> **What you need to do**
Output, exactly as written, the lines of the data below from the one containing "config_value result ≡" to the end.

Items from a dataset
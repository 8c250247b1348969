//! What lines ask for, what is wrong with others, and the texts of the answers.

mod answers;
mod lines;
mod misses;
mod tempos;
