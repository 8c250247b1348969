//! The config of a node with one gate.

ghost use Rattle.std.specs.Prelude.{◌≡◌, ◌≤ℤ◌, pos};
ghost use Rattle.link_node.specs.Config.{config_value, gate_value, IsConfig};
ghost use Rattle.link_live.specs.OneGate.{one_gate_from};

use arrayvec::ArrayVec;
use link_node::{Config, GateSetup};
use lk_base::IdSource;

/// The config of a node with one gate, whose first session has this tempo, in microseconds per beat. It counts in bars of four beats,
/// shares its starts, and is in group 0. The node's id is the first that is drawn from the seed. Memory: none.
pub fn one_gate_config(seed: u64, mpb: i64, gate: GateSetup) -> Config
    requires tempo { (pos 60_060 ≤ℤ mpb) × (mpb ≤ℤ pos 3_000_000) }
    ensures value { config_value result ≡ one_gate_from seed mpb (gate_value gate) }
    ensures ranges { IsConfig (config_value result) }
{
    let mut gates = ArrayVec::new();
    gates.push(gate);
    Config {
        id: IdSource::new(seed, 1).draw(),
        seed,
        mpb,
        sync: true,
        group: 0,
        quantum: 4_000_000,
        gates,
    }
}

> **Completed exercise**
    ensures value { config_value result ≡ one_gate_from seed mpb (gate_value gate) }
    ensures ranges { IsConfig (config_value result) }
{
    let mut gates = ArrayVec::new();
    gates.push(gate);
    Config {
        id: IdSource::new(seed, 1).draw(),
        seed,
        mpb,
        sync: true,
        group: 0,
        quantum: 4_000_000,
        gates,
    }
}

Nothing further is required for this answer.